This note was originally published at 8am on January 06, 2014 for Hedgeye subscribers.
“If you really don’t know what’s going on, you don’t even have to know what’s going on to know what’s going on.”
Sadly, one of my favorite authors and financial writers, George Goodman, passed away this weekend. He was 83 years old. After graduating magna cum laude from Harvard and winning a Rhodes Scholarship, Goodman published his first novel, The Bubble Makers – then went onto to join the “US Army Special Forces in 1954 in the intelligence group known as Psywar.” (Wikipedia)
“Goodman’s first non-fiction book, The Money Game (1968), was a number one bestseller for over a year. In the book he memorably introduced the catchphrase “assume a can opener” to mock the tendency of economists to make unjustified assumptions.” (Wikipedia)
Over the years, I’ve cited The Money Game many times. Today’s quote comes from that book and my Early Look is dedicated to Goodman who taught me a great deal while he wasn’t watching. Taped on the insert of one of my notebooks is that “a man is really at his best, his most fulfilled, when he’s on his way to becoming what he is going to become…” I’m grateful for that opportunity, every day.

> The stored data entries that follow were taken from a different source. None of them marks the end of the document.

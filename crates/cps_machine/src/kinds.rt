//! Which crate a frame or a node belongs to.

ghost use Rattle.std.specs.Prelude.{◌≡◌};
ghost use Rattle.model_run.specs.FrameTable.{is_method};
ghost use Rattle.script_laws.specs.NodeParts.{is_expression};
ghost use Rattle.cps_assignments.specs.Kinds.{goes_on_here as goes_on_assigned, starts_here as starts_assigned};
ghost use Rattle.cps_calls.specs.Calls.{is_call_frame};
ghost use Rattle.cps_expressions.specs.Frames.{is_expression_frame};
ghost use Rattle.cps_statements.specs.Kinds.{goes_on_here, starts_here, turns_here};

use model_run::FrameKind;
use model_syntax::NodeForm;

/// A frame of a statement.
pub fn is_of_statement(kind: &FrameKind) -> bool
    ensures { result ≡ goes_on_here kind.now }
{
    matches!(
        kind,
        FrameKind::Statement
            | FrameKind::IfTest
            | FrameKind::WhileTest
            | FrameKind::WhileBody
            | FrameKind::StepsFirst
            | FrameKind::StepsTest
            | FrameKind::StepsBody
            | FrameKind::StepsNext
            | FrameKind::EachOver
            | FrameKind::EachBody
            | FrameKind::TryBlock
            | FrameKind::TryCatch
            | FrameKind::FinallyAfterValue
            | FrameKind::FinallyAfterThrow
            | FrameKind::FinallyAfterReturn
            | FrameKind::FinallyAfterBreak
            | FrameKind::FinallyAfterContinue
            | FrameKind::ReturnValue
            | FrameKind::ThrowValue
    )
}

/// A statement, or a row of them.
pub fn is_statement(form: &NodeForm) -> bool
    ensures { result ≡ starts_here form.now }
{
    matches!(
        form,
        NodeForm::Script
            | NodeForm::Block
            | NodeForm::If
            | NodeForm::While
            | NodeForm::ForEach(_)
            | NodeForm::ForSteps
            | NodeForm::Try
            | NodeForm::Evaluate
            | NodeForm::Return
            | NodeForm::Break
            | NodeForm::Continue
            | NodeForm::Throw
    )
}

/// A loop.
pub fn is_loop(form: &NodeForm) -> bool
    ensures { result ≡ turns_here form.now }
{
    matches!(
        form,
        NodeForm::While | NodeForm::ForEach(_) | NodeForm::ForSteps
    )
}

/// A frame of a declaration or an assignment.
pub fn is_of_assignment(kind: &FrameKind) -> bool
    ensures { result ≡ goes_on_assigned kind.now }
{
    matches!(
        kind,
        FrameKind::DeclareValue
            | FrameKind::TargetReceiver
            | FrameKind::TargetIndex
            | FrameKind::AssignValue
    )
}

/// A frame of an expression.
pub fn is_of_expression(kind: &FrameKind) -> bool
    ensures { result ≡ is_expression_frame kind.now }
{
    matches!(
        kind,
        FrameKind::Gathered
            | FrameKind::GatheredKey
            | FrameKind::GroupValue
            | FrameKind::ChosenTest
            | FrameKind::ChainOperand
            | FrameKind::JoinedFirst
            | FrameKind::JoinedOperand
            | FrameKind::PrefixedOperand
            | FrameKind::SuffixedPart
            | FrameKind::IndexValue
    )
}

/// A frame of a call.
pub fn is_of_call(kind: &FrameKind) -> bool
    ensures { result ≡ is_call_frame kind.now }
{
    matches!(kind, FrameKind::CallBody | FrameKind::WalkTurn)
}

/// A declaration or an assignment.
pub fn is_assignment(form: &NodeForm) -> bool
    ensures { result ≡ starts_assigned form.now }
{
    matches!(
        form,
        NodeForm::Declare(_) | NodeForm::Assign(_) | NodeForm::Increment | NodeForm::Decrement
    )
}

/// An expression.
pub fn is_expression(form: &NodeForm) -> bool
    ensures { result ≡ is_expression form.now }
{
    matches!(
        form,
        NodeForm::Number(_)
            | NodeForm::Literal(_)
            | NodeForm::GString
            | NodeForm::True
            | NodeForm::False
            | NodeForm::Null
            | NodeForm::Variable(_)
            | NodeForm::Call(_)
            | NodeForm::Group
            | NodeForm::List
            | NodeForm::Map
            | NodeForm::Closure(_)
            | NodeForm::New(_)
            | NodeForm::Suffixed
            | NodeForm::Prefixed
            | NodeForm::Joined
            | NodeForm::And
            | NodeForm::Or
            | NodeForm::Chosen
    )
}

/// A call of a method, which may go over elements.
pub fn is_walk(form: &NodeForm) -> bool
    ensures { result ≡ is_method form.now }
{
    matches!(form, NodeForm::Method(_, _))
}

Back to the Global Macro Grind…
If you really don’t know what’s going on in markets for 2014 YTD, now you know. It’s sitting right there in front of you on your screen. That is the score. That is Mr. Macro Market’s Game. And we’re all tasked with playing the game that’s in front of us.

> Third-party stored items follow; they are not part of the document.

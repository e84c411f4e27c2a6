//! Values in order, from the front.

ghost use Rattle.std.specs.Prelude.{◌≡◌, ◌∷◌, [], MatchOption};

use model_values::{Value, Values};

/// The first value and those behind it, and `None` exactly where there is none. It takes no memory.
pub(crate) fn split_first(values: Values) -> Option<(Value, Values)>
    ensures { MatchOption result (values ≡ []) (λ parts. values ≡ parts.0 ∷ parts.1) }
{
    let mut rest = values.into_vec();
    if rest.is_empty() {
        return None;
    }
    let first = rest.remove(0);
    Some((first, Values::from_vec(rest)))
}
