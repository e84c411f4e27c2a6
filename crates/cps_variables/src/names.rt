//! Names and the variables that have them: in an environment, and among binding variables, which stand by rising names.

ghost use Rattle.std.specs.Prelude.{◌≡◌, OnOk};
ghost use Rattle.model_run.specs.Names.{look, with_binding};
ghost use Rattle.model_run.specs.Fitting.{NamesRise};
ghost use Rattle.cps_variables.specs.Places.{IsPlace, is_up_to};

use model_text::Text;
use model_values::{Binding, Env};
use std::alloc::AllocError;

/// The cell of the nearest variable of this name, and `None` exactly where none of this name is declared. It goes over the names in
/// front of it.
pub fn look(name: &[u8], env: &Env) -> Option<u32>
    ensures { result ≡ look name.now env.now }
{
    for binding in env.iter() {
        if binding.name.as_slice() == name {
            return Some(binding.cell);
        }
    }
    None
}

/// How many binding variables have this name or one before it.
fn place(name: &[u8], binding: &[Binding]) -> usize
    requires { NamesRise binding.now }
    ensures { IsPlace name.now binding.now result }
{
    binding.partition_point(
        |variable: &Binding| -> bool
            ensures { result ≡ is_up_to name.entry.now variable.now }
        { !name.cmp(variable.name.as_slice()).is_lt() },
    )
}

/// The cell of the binding variable of this name, and `None` exactly where there is none. It takes time logarithmic in their number.
pub fn look_binding(name: &[u8], binding: &[Binding]) -> Option<u32>
    requires { NamesRise binding.now }
    ensures { result ≡ look name.now binding.now }
{
    let at = place(name, binding);
    if at == 0 {
        return None;
    }
    let last = &binding[at - 1];
    if last.name.as_slice() == name {
        Some(last.cell)
    } else {
        None
    }
}

/// Makes a binding variable of a name that none has. `AllocError` where the memory was refused.
pub(crate) fn insert(binding: &mut Vec<Binding>, name: Text, cell: u32) -> Result<(), AllocError>
    requires { NamesRise binding.old.items }
    ensures { OnOk result (binding.new.items ≡ with_binding name cell binding.old.items) }
{
    let at = place(name.as_slice(), binding.as_slice());
    binding.insert(at, Binding { name, cell })?;
    Ok(())
}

On the heels of Asian Equity markets getting banged up last week, Japan opened 2014 for stock market trading overnight and got smoked for a -2.4% drop in the face of a barely up Japanese Yen. Get the Yen right, and you’ll get the Nikkei right – for now.
China reported yet another #GrowthSlowing data point last night as well. Its Services PMI print for DEC slowed to 50.9 versus 52.5 in NOV and Chinese stocks dropped another -1.8% on that. For 2014 YTD, the Shanghai Composite is already down -3.3%.
With Japan and China -2.4% and -3.3%, respectively, what other big Equity indices are down so far for the YTD?
- SP500 -0.9%
- MSCI World Index -0.9%
- MSCI Emerging Latin American Index -2.1%
- MSCI Emerging Market Index -2.3%
- MSCI Asia ex-Japan Index -2.4%
This shouldn’t be a huge conceptual surprise given that the US Dollar is +0.9% YTD. Emerging Markets in particular do not like #StrongDollar. But those of you who embraced that reality into the USD’s 2013 highs (July) know what’s going on there too.
Can the US Dollar continue higher? With Janet Yellen being confirmed tonight, I doubt it. But my doubts are often wrong, so we’ll deal with whatever Mr. Macro Market decides on this front. Is there any other way to accept what’s really going on?
From a long-term @Hedgeye TAIL risk perspective, where the US Dollar Index is at is significant in that it’s a principal and directional driver for other massively interconnected global macro risks. Check out the last price of the following Big 3 Macro levels vs. our TAIL lines:
- US Dollar Index long-term TAIL line = $81.12
- Copper’s long-term TAIL line = $3.33/lb
- WTIC and Brent Oil long-term TAIL lines = $98.26 and $108.89, respectively
While Dollar UP, Oil DOWN doesn’t yet have the correlation risk in our model that we’d jump up and down about (30 day and 180 day USD/Brent Oil correlations are +0.21 and -0.45, respectively), that doesn’t mean the Mr. Macro Market won’t change that.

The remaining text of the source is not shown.